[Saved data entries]
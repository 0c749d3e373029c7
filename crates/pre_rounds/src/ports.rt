ghost use Rattle.std.specs.Prelude.{◌≡◌, ℕ, ◌+◌, ◌*◌, ◌<◌, ◌≤◌, ◌^◌, length, MatchOption, true, false};
ghost use Rattle.std.specs.List.{list_any, enumerate_from};
ghost use Rattle.std.specs.Option.{SomeIff};
ghost use Rattle.pre_bound.specs.Solutions.{least_size};
ghost use Rattle.pre_bound.specs.Uses.{rates_on};
ghost use Rattle.pre_certify.specs.Loads.{is_overloaded};
ghost use Rattle.pre_certify.specs.Tables.{AreWithin};
ghost use Rattle.pre_rounds.specs.Rounds.{bursts_over, work_over, port_over};
ghost use Rattle.pre_rounds.specs.Passing.{numbers_pass, goes_on, leaving_passes, passes_over, differs_behind, some_differs};
ghost use Rattle.pre_rounds.specs.Routed.{AreShort};
ghost use Rattle.pre_rounds.specs.Tables.{bursts_in};

use crate::tables::burst_at;
use pre_base::{ArcId, Prio};
use pre_bound::{Certificate, PortRow, grown, hop_delay, queue_size};
use pre_certify::{block_octets, cost_at, hop_of, is_on, rate_of, rates_on};
use pre_streams::Row;
use pre_topo::Network;

/// The sum of the bursts at the arc of its streams with priorities from low up to below high: None exactly where it
/// passes the limit.
fn bursts_over(rows: &[Row], bursts: &[u64], arc: ArcId, low: u8, high: u8) -> Option<u64>
    requires few { length rows.now ≤ 512 }
    requires within { AreWithin bursts.now }
    requires short { AreShort rows.now }
    ensures { SomeIff result (bursts_over (bursts_in bursts.now) arc.0 low high rows.now ≤ 10 ^ 12) (bursts_over (bursts_in bursts.now) arc.0 low high rows.now) }
{
    let mut sum = 0;
    for (stream, row) in rows.iter().enumerate() {
        if is_on(row, arc, low, high) {
            sum += burst_at(bursts, stream, hop_of(row, arc));
        }
    }
    if sum <= Certificate::LIMIT {
        Some(sum)
    } else {
        None
    }
}

/// The least work of a port: None exactly where it passes the limit.
fn work_over(net: &Network, rows: &[Row], bursts: &[u64], arc: ArcId, prio: u8) -> Option<u64>
    requires few { length rows.now ≤ 512 }
    requires within { AreWithin bursts.now }
    requires short { AreShort rows.now }
    requires arc { arc.0 < length net.now.arcs }
    ensures { SomeIff result (work_over net.now rows.now (bursts_in bursts.now) arc.0 prio ≤ 10 ^ 12) (work_over net.now rows.now (bursts_in bursts.now) arc.0 prio) }
{
    let work = cost_at(net, arc) * bursts_over(rows, bursts, arc, prio, 8)?;
    if work > Certificate::LIMIT {
        return None;
    }
    Some(work)
}

/// The least size of a port with this delay: None exactly where it passes the limit.
fn size_with(rows: &[Row], bursts: &[u64], arc: ArcId, prio: u8, delay: u64) -> Option<u64>
    requires few { length rows.now ≤ 512 }
    requires within { AreWithin bursts.now }
    requires short { AreShort rows.now }
    requires prio { prio < 8 }
    requires delay { delay ≤ 10 ^ 12 }
    requires rates { rates_on arc.0 prio (prio + 1) rows.now ≤ 10 ^ 12 }
    ensures { let size = least_size (bursts_over (bursts_in bursts.now) arc.0 prio (prio + 1) rows.now) (rates_on arc.0 prio (prio + 1) rows.now) delay in SomeIff result (size ≤ 10 ^ 12) size }
{
    let bursts = bursts_over(rows, bursts, arc, prio, prio + 1)?;
    queue_size(bursts, rates_on(rows, arc, prio, prio + 1), delay)
}

/// The least block, work, rate, delay and size of a port: None exactly where one of them passes the limit.
fn port_numbers(
    net: &Network,
    rows: &[Row],
    bursts: &[u64],
    arc: ArcId,
    prio: u8,
) -> Option<PortRow>
    requires few { length rows.now ≤ 512 }
    requires within { AreWithin bursts.now }
    requires short { AreShort rows.now }
    requires prio { prio < 8 }
    requires arc { arc.0 < length net.now.arcs }
    requires load { is_overloaded net.now rows.now arc.0 ≡ false }
    ensures { let b = bursts_in bursts.now in let large = numbers_pass net.now rows.now b arc.0 prio in
        MatchOption result (large ≡ true) (λ row. (large ≡ false) × (row ≡ port_over net.now rows.now b arc.0 prio)) }
{
    let cost = cost_at(net, arc);
    let block = cost * block_octets(net, rows, arc, prio);
    let work = work_over(net, rows, bursts, arc, prio)?;
    let rate = rates_on(rows, arc, prio + 1, 8);
    let delay = hop_delay(block, work, rate, cost)?;
    let size = size_with(rows, bursts, arc, prio, delay)?;
    Some(PortRow {
        arc,
        prio: Prio(prio),
        block,
        work,
        rate,
        delay,
        size,
    })
}

/// Whether the row is a stream of the port and has a hop behind it.
fn goes_on(row: &Row, arc: ArcId, prio: u8) -> bool
    requires prio { prio < 8 }
    requires short { length row.now.arcs ≤ 16 }
    ensures { result ≡ goes_on arc.0 prio row.now }
{
    is_on(row, arc, prio, prio + 1) && hop_of(row, arc) + 1 < row.arcs.len()
}

/// Whether, with this delay at the port, the burst with which the row leaves it for its next hop passes the limit.
fn leaving_passes(
    net: &Network,
    bursts: &[u64],
    arc: ArcId,
    prio: u8,
    delay: u64,
    stream: usize,
    row: &Row,
) -> bool
    requires within { AreWithin bursts.now }
    requires prio { prio < 8 }
    requires delay { delay ≤ 10 ^ 12 }
    requires stream { stream < 512 }
    requires short { length row.now.arcs ≤ 16 }
    ensures { result ≡ leaving_passes net.now (bursts_in bursts.now) arc.0 prio delay (stream, row.now) }
{
    if !goes_on(row, arc, prio) {
        return false;
    }
    let burst = burst_at(bursts, stream, hop_of(row, arc));
    grown(burst, rate_of(row), delay, cost_at(net, arc)).is_none()
}

/// Whether a burst that leaves the port passes the limit.
fn some_leaving_passes(
    net: &Network,
    rows: &[Row],
    bursts: &[u64],
    arc: ArcId,
    prio: u8,
    delay: u64,
) -> bool
    requires few { length rows.now ≤ 512 }
    requires within { AreWithin bursts.now }
    requires short { AreShort rows.now }
    requires prio { prio < 8 }
    requires delay { delay ≤ 10 ^ 12 }
    ensures { result ≡ list_any (leaving_passes net.now (bursts_in bursts.now) arc.0 prio delay) (enumerate_from 0 rows.now) }
{
    for (stream, row) in rows.iter().enumerate() {
        if leaving_passes(net, bursts, arc, prio, delay, stream, row) {
            return true;
        }
    }
    false
}

/// The row of a port: None exactly where a number of it, or a burst that leaves it, passes the limit.
pub(crate) fn port_over(
    net: &Network,
    rows: &[Row],
    bursts: &[u64],
    arc: ArcId,
    prio: u8,
) -> Option<PortRow>
    requires few { length rows.now ≤ 512 }
    requires within { AreWithin bursts.now }
    requires short { AreShort rows.now }
    requires prio { prio < 8 }
    requires arc { arc.0 < length net.now.arcs }
    requires load { is_overloaded net.now rows.now arc.0 ≡ false }
    ensures { let b = bursts_in bursts.now in let large = passes_over net.now rows.now b arc.0 prio in
        MatchOption result (large ≡ true) (λ row. (large ≡ false) × (row ≡ port_over net.now rows.now b arc.0 prio)) }
{
    let row = port_numbers(net, rows, bursts, arc, prio)?;
    if some_leaving_passes(net, rows, bursts, arc, prio, row.delay) {
        return None;
    }
    Some(row)
}

/// Whether the row has another burst at the hop behind the port.
fn differs_behind(
    bursts: &[u64],
    other: &[u64],
    arc: ArcId,
    prio: u8,
    stream: usize,
    row: &Row,
) -> bool
    requires within { AreWithin bursts.now }
    requires other { AreWithin other.now }
    requires prio { prio < 8 }
    requires stream { stream < 512 }
    requires short { length row.now.arcs ≤ 16 }
    ensures { result ≡ differs_behind (bursts_in bursts.now) (bursts_in other.now) arc.0 prio (stream, row.now) }
{
    if !goes_on(row, arc, prio) {
        return false;
    }
    let hop = hop_of(row, arc) + 1;
    burst_at(bursts, stream, hop) != burst_at(other, stream, hop)
}

/// Whether a row has another burst at the hop behind the port.
pub(crate) fn some_differs(
    rows: &[Row],
    bursts: &[u64],
    other: &[u64],
    arc: ArcId,
    prio: u8,
) -> bool
    requires few { length rows.now ≤ 512 }
    requires within { AreWithin bursts.now }
    requires other { AreWithin other.now }
    requires short { AreShort rows.now }
    requires prio { prio < 8 }
    ensures { result ≡ some_differs rows.now (bursts_in bursts.now) (bursts_in other.now) arc.0 prio }
{
    for (stream, row) in rows.iter().enumerate() {
        if differs_behind(bursts, other, arc, prio, stream, row) {
            return true;
        }
    }
    false
}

#### WHAT IS REQUIRED
Scan the data above for the string "Certificate". Copy every line in which it appears.

#### SOLUTION BELOW
use pre_bound::{Certificate, PortRow, grown, hop_delay, queue_size};
    if sum <= Certificate::LIMIT {
    if work > Certificate::LIMIT {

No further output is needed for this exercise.